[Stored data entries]
//! Expressions: a function for each form, in which its fixed pieces stand, and the walk down a tree.
ghost use Rattle.std.specs.Prelude.{◌≡◌, ◌++◌, OnOk, codes, string_bytes};
ghost use Rattle.rules_expansion.specs.trees.Trees.{ex_of, exs_of, arms_of, links_of, sum_links_of, list_links_of, wr_of};
ghost use Rattle.haskell_module.specs.Names.{name_text};
ghost use Rattle.haskell_module.specs.Types.{type_text};
ghost use Rattle.haskell_module.specs.Forms.{applied, applied_two, chained, bound, bound_two, choice, case_of, arms_of_maybe, arms_of_either, arms_of_list, arms_of_pair};
ghost use Rattle.haskell_module.specs.Expressions.{side_text, items_text, ex_text, called, arguments, listed, links_text, arms_text};

use crate::names::write_name;
use crate::pieces::{
    compare_operator, constant_word, list_operator, operator, put, side_word, sum_operator,
    unary_word, write_arm, write_empty, write_lambda, write_number, write_text,
};
use crate::types::write_type;
use hs_base::tree::forms::{BinaryForm, SideForm};
use hs_base::tree::{Expr, ExprArms, Link, ListLink, Name, SumLink, Written};
use hs_items::Items;
use std::alloc::AllocError;

/// An expression.
#[cycle(exprs)]
#[tactic(auto, using(rules_expansion::proofs::trees_lemmas::Equations::ex_rules))]
pub(crate) fn write_expr(text: &mut String, e: &Expr) -> Result<(), AllocError>
    ensures { OnOk result (string_bytes text.new ≡ string_bytes text.old ++ ex_text (ex_of e.now)) }
{
    match e {
        Expr::Int(_, number) => write_number(text, *number),
        Expr::Text(_, content) => write_text(text, content),
        Expr::Constant(_, constant) => put(text, constant_word(*constant)),
        Expr::Unit(_) => put(text, "()"),
        Expr::Empty(form, _, ty) => write_empty(text, *form, ty),
        Expr::Unary(form, _, a) => write_applied(text, unary_word(*form), a.get()),
        Expr::Side(form, _, s, t, a) => write_side(text, *form, s, t, a.get()),
        Expr::Compare(a, op, _, b) => { write_infix(text, a.get(), compare_operator(*op), b.get()) }
        Expr::Div(_, a, b) => write_applied_two(text, "div", a.get(), b.get()),
        Expr::Mod(_, a, b) => write_applied_two(text, "mod", a.get(), b.get()),
        Expr::Pair(_, a, b) => write_applied_two(text, "pair", a.get(), b.get()),
        Expr::If(_, c, a, b) => write_choice(text, c.get(), a.get(), b.get()),
        Expr::Let(_, x, a, b) => write_given(text, x, a.get(), b.get()),
        Expr::Or(a, ks) => write_chain(text, ks, BinaryForm::Or, a.get()),
        Expr::And(a, ks) => write_chain(text, ks, BinaryForm::And, a.get()),
        Expr::Product(a, ks) => write_chain(text, ks, BinaryForm::Times, a.get()),
        Expr::Sum(a, ks) => write_sum(text, ks, a.get()),
        Expr::Cons(a, ks) => write_conses(text, ks, a.get()),
        Expr::Call(f, es) => write_call(text, f, es),
        Expr::List(_, es) => write_items(text, es),
        Expr::Case(_, a, arms) => write_case(text, arms.get(), a.get()),
    }
}

/// A piece, and an expression behind it.
#[cycle(exprs)]
pub(crate) fn write_part(text: &mut String, before: &str, e: &Expr) -> Result<(), AllocError>
    ensures { OnOk result (string_bytes text.new ≡ string_bytes text.old ++ (before.now ++ ex_text (ex_of e.now))) }
{
    put(text, before)?;
    write_expr(text, e)
}

#[cycle(exprs)]
#[tactic(auto, unfolding(crate::specs::Forms::applied))]
pub(crate) fn write_applied(text: &mut String, word: &str, a: &Expr) -> Result<(), AllocError>
    ensures { OnOk result (string_bytes text.new ≡ string_bytes text.old ++ applied word.now (ex_text (ex_of a.now))) }
{
    put(text, "(")?;
    put(text, word)?;
    write_part(text, " ", a)?;
    put(text, ")")
}

#[cycle(exprs)]
#[tactic(auto, unfolding(crate::specs::Forms::applied_two))]
pub(crate) fn write_applied_two(
    text: &mut String,
    word: &str,
    a: &Expr,
    b: &Expr,
) -> Result<(), AllocError>
    ensures { OnOk result (string_bytes text.new ≡ string_bytes text.old ++ applied_two word.now (ex_text (ex_of a.now)) (ex_text (ex_of b.now))) }
{
    put(text, "(")?;
    put(text, word)?;
    write_part(text, " ", a)?;
    write_part(text, " ", b)?;
    put(text, ")")
}

/// Two operands and the operator between them.
#[cycle(exprs)]
#[tactic(auto, unfolding(crate::specs::Forms::chained))]
fn write_infix(text: &mut String, a: &Expr, operator: &str, b: &Expr) -> Result<(), AllocError>
    ensures { OnOk result (string_bytes text.new ≡ string_bytes text.old ++ chained (ex_text (ex_of a.now)) (operator.now ++ ex_text (ex_of b.now))) }
{
    write_part(text, "(", a)?;
    write_part(text, operator, b)?;
    put(text, ")")
}

#[cycle(exprs)]
#[tactic(auto, unfolding(crate::specs::Expressions::side_text, crate::specs::Forms::typed))]
fn write_side(
    text: &mut String,
    form: SideForm,
    s: &Written,
    t: &Written,
    a: &Expr,
) -> Result<(), AllocError>
    ensures { OnOk result (string_bytes text.new ≡ string_bytes text.old ++ side_text form (type_text (wr_of s.now).ty) (type_text (wr_of t.now).ty) (ex_text (ex_of a.now))) }
{
    put(text, "(")?;
    put(text, side_word(form))?;
    write_part(text, " ", a)?;
    put(text, " :: Either ")?;
    write_type(text, &s.ty)?;
    put(text, " ")?;
    write_type(text, &t.ty)?;
    put(text, ")")
}

#[cycle(exprs)]
#[tactic(auto, unfolding(crate::specs::Forms::choice))]
fn write_choice(text: &mut String, c: &Expr, a: &Expr, b: &Expr) -> Result<(), AllocError>
    ensures { OnOk result (string_bytes text.new ≡ string_bytes text.old ++ choice (ex_text (ex_of c.now)) (ex_text (ex_of a.now)) (ex_text (ex_of b.now))) }
{
    write_part(text, "(if ", c)?;
    write_part(text, " then ", a)?;
    write_part(text, " else ", b)?;
    put(text, ")")
}

#[cycle(exprs)]
#[tactic(auto, unfolding(crate::specs::Forms::bound))]
fn write_bound(text: &mut String, x: &Name, b: &Expr) -> Result<(), AllocError>
    ensures { OnOk result (string_bytes text.new ≡ string_bytes text.old ++ bound x.now.text (ex_text (ex_of b.now))) }
{
    put(text, "(")?;
    write_lambda(text, &x.text)?;
    write_expr(text, b)?;
    put(text, ")")
}

#[cycle(exprs)]
#[tactic(auto, unfolding(crate::specs::Forms::bound_two))]
fn write_bound_two(text: &mut String, x: &Name, y: &Name, b: &Expr) -> Result<(), AllocError>
    ensures { OnOk result (string_bytes text.new ≡ string_bytes text.old ++ bound_two x.now.text y.now.text (ex_text (ex_of b.now))) }
{
    put(text, "(")?;
    write_lambda(text, &x.text)?;
    write_lambda(text, &y.text)?;
    write_expr(text, b)?;
    put(text, ")")
}

/// `let x = a in b`
#[cycle(exprs)]
#[tactic(auto, unfolding(crate::specs::Forms::applied_two))]
fn write_given(text: &mut String, x: &Name, a: &Expr, b: &Expr) -> Result<(), AllocError>
    ensures { OnOk result (string_bytes text.new ≡ string_bytes text.old ++ applied_two (codes "strict") (bound x.now.text (ex_text (ex_of b.now))) (ex_text (ex_of a.now))) }
{
    put(text, "(strict ")?;
    write_bound(text, x, b)?;
    write_part(text, " ", a)?;
    put(text, ")")
}

/// A name alone, or a call.
#[cycle(exprs)]
fn write_call(text: &mut String, f: &Name, es: &Items<Expr>) -> Result<(), AllocError>
    ensures { OnOk result (string_bytes text.new ≡ string_bytes text.old ++ called (name_text f.now.text) (exs_of es.now) (arguments (exs_of es.now))) }
{
    if es.is_empty() {
        return write_name(text, &f.text);
    }
    write_some_call(text, es, f)
}

/// A call with arguments.
#[cycle(exprs)]
fn write_some_call(text: &mut String, es: &Items<Expr>, f: &Name) -> Result<(), AllocError>
    ensures { OnOk result (string_bytes text.new ≡ string_bytes text.old ++ (codes "(" ++ name_text f.now.text ++ arguments (exs_of es.now) ++ codes ")")) }
{
    put(text, "(")?;
    write_name(text, &f.text)?;
    write_arguments(text, es)?;
    put(text, ")")
}

/// Each behind a blank.
#[cycle(exprs)]
pub(crate) fn write_arguments(text: &mut String, es: &Items<Expr>) -> Result<(), AllocError>
    ensures { OnOk result (string_bytes text.new ≡ string_bytes text.old ++ arguments (exs_of es.now)) }
{
    'parts: for e in es.as_slice() {
        write_part(text, " ", e)?;
    }
    Ok(())
}

/// The first as it is, and each other behind a comma.
#[cycle(exprs)]
fn write_listed(text: &mut String, es: &Items<Expr>) -> Result<(), AllocError>
    ensures { OnOk result (string_bytes text.new ≡ string_bytes text.old ++ listed (codes "") (exs_of es.now)) }
{
    let mut before = "";
    'parts: for e in es.as_slice() {
        write_part(text, before, e)?;
        before = ", ";
    }
    Ok(())
}

#[cycle(exprs)]
#[tactic(auto, unfolding(crate::specs::Expressions::items_text))]
fn write_items(text: &mut String, es: &Items<Expr>) -> Result<(), AllocError>
    ensures { OnOk result (string_bytes text.new ≡ string_bytes text.old ++ items_text (listed (codes "") (exs_of es.now))) }
{
    put(text, "(list [")?;
    write_listed(text, es)?;
    put(text, "])")
}

#[cycle(exprs)]
#[tactic(auto, unfolding(crate::specs::Forms::chained))]
fn write_chain(
    text: &mut String,
    ks: &Items<Link>,
    form: BinaryForm,
    a: &Expr,
) -> Result<(), AllocError>
    ensures { OnOk result (string_bytes text.new ≡ string_bytes text.old ++ chained (ex_text (ex_of a.now)) (links_text (links_of form ks.now))) }
{
    write_part(text, "(", a)?;
    write_links(text, form, ks)?;
    put(text, ")")
}

#[cycle(exprs)]
fn write_links(text: &mut String, form: BinaryForm, ks: &Items<Link>) -> Result<(), AllocError>
    ensures { OnOk result (string_bytes text.new ≡ string_bytes text.old ++ links_text (links_of form ks.now)) }
{
    'links: for k in ks.as_slice() {
        write_part(text, operator(form), &k.operand)?;
    }
    Ok(())
}

#[cycle(exprs)]
#[tactic(auto, unfolding(crate::specs::Forms::chained))]
fn write_sum(text: &mut String, ks: &Items<SumLink>, a: &Expr) -> Result<(), AllocError>
    ensures { OnOk result (string_bytes text.new ≡ string_bytes text.old ++ chained (ex_text (ex_of a.now)) (links_text (sum_links_of ks.now))) }
{
    write_part(text, "(", a)?;
    write_sum_links(text, ks)?;
    put(text, ")")
}

#[cycle(exprs)]
fn write_sum_links(text: &mut String, ks: &Items<SumLink>) -> Result<(), AllocError>
    ensures { OnOk result (string_bytes text.new ≡ string_bytes text.old ++ links_text (sum_links_of ks.now)) }
{
    'links: for k in ks.as_slice() {
        write_part(text, sum_operator(k.op), &k.operand)?;
    }
    Ok(())
}

#[cycle(exprs)]
#[tactic(auto, unfolding(crate::specs::Forms::chained))]
fn write_conses(text: &mut String, ks: &Items<ListLink>, a: &Expr) -> Result<(), AllocError>
    ensures { OnOk result (string_bytes text.new ≡ string_bytes text.old ++ chained (ex_text (ex_of a.now)) (links_text (list_links_of ks.now))) }
{
    write_part(text, "(", a)?;
    write_list_links(text, ks)?;
    put(text, ")")
}

#[cycle(exprs)]
fn write_list_links(text: &mut String, ks: &Items<ListLink>) -> Result<(), AllocError>
    ensures { OnOk result (string_bytes text.new ≡ string_bytes text.old ++ links_text (list_links_of ks.now)) }
{
    'links: for k in ks.as_slice() {
        write_part(text, list_operator(k.op), &k.operand)?;
    }
    Ok(())
}

#[cycle(exprs)]
#[tactic(auto, unfolding(crate::specs::Forms::case_of))]
fn write_case(text: &mut String, arms: &ExprArms, a: &Expr) -> Result<(), AllocError>
    ensures { OnOk result (string_bytes text.new ≡ string_bytes text.old ++ case_of (ex_text (ex_of a.now)) (arms_text (arms_of arms.now))) }
{
    write_part(text, "(case ", a)?;
    put(text, " of {")?;
    write_arms(text, arms)?;
    put(text, "})")
}

#[cycle(exprs)]
#[tactic(auto, using(rules_expansion::proofs::trees_lemmas::Equations::arms_rules))]
fn write_arms(text: &mut String, arms: &ExprArms) -> Result<(), AllocError>
    ensures { OnOk result (string_bytes text.new ≡ string_bytes text.old ++ arms_text (arms_of arms.now)) }
{
    match arms {
        ExprArms::OfMaybe(a, x, b) => write_maybe_arms(text, a, x, b),
        ExprArms::OfEither(x, a, y, b) => write_either_arms(text, x, a, y, b),
        ExprArms::OfList(a, x, y, b) => write_list_arms(text, a, x, y, b),
        ExprArms::OfPair(x, y, a) => write_pair_arm(text, x, y, a),
    }
}

#[cycle(exprs)]
#[tactic(auto, unfolding(crate::specs::Forms::arms_of_maybe))]
fn write_maybe_arms(text: &mut String, a: &Expr, x: &Name, b: &Expr) -> Result<(), AllocError>
    ensures { OnOk result (string_bytes text.new ≡ string_bytes text.old ++ arms_of_maybe (ex_text (ex_of a.now)) x.now.text (ex_text (ex_of b.now))) }
{
    write_part(text, "Nothing -> ", a)?;
    write_arm(text, "; Just ", &x.text)?;
    write_expr(text, b)
}

#[cycle(exprs)]
#[tactic(auto, unfolding(crate::specs::Forms::arms_of_either))]
fn write_either_arms(
    text: &mut String,
    x: &Name,
    a: &Expr,
    y: &Name,
    b: &Expr,
) -> Result<(), AllocError>
    ensures { OnOk result (string_bytes text.new ≡ string_bytes text.old ++ arms_of_either x.now.text (ex_text (ex_of a.now)) y.now.text (ex_text (ex_of b.now))) }
{
    write_arm(text, "Left ", &x.text)?;
    write_expr(text, a)?;
    write_arm(text, "; Right ", &y.text)?;
    write_expr(text, b)
}

#[cycle(exprs)]
#[tactic(auto, unfolding(crate::specs::Forms::arms_of_list))]
fn write_list_arms(
    text: &mut String,
    a: &Expr,
    x: &Name,
    y: &Name,
    b: &Expr,
) -> Result<(), AllocError>
    ensures { OnOk result (string_bytes text.new ≡ string_bytes text.old ++ arms_of_list (ex_text (ex_of a.now)) x.now.text y.now.text (ex_text (ex_of b.now))) }
{
    write_part(text, "[] -> ", a)?;
    put(text, "; a : b -> ")?;
    write_bound_two(text, x, y, b)?;
    put(text, " a b")
}

#[cycle(exprs)]
#[tactic(auto, unfolding(crate::specs::Forms::arms_of_pair))]
fn write_pair_arm(text: &mut String, x: &Name, y: &Name, a: &Expr) -> Result<(), AllocError>
    ensures { OnOk result (string_bytes text.new ≡ string_bytes text.old ++ arms_of_pair x.now.text y.now.text (ex_text (ex_of a.now))) }
{
    put(text, "(a, b) -> ")?;
    write_bound_two(text, x, y, a)?;
    put(text, " a b")
}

Task brief »
Return each line of the data above that includes the word "strict".

Exercise answer »
    ensures { OnOk result (string_bytes text.new ≡ string_bytes text.old ++ applied_two (codes "strict") (bound x.now.text (ex_text (ex_of b.now))) (ex_text (ex_of a.now))) }
    put(text, "(strict ")?;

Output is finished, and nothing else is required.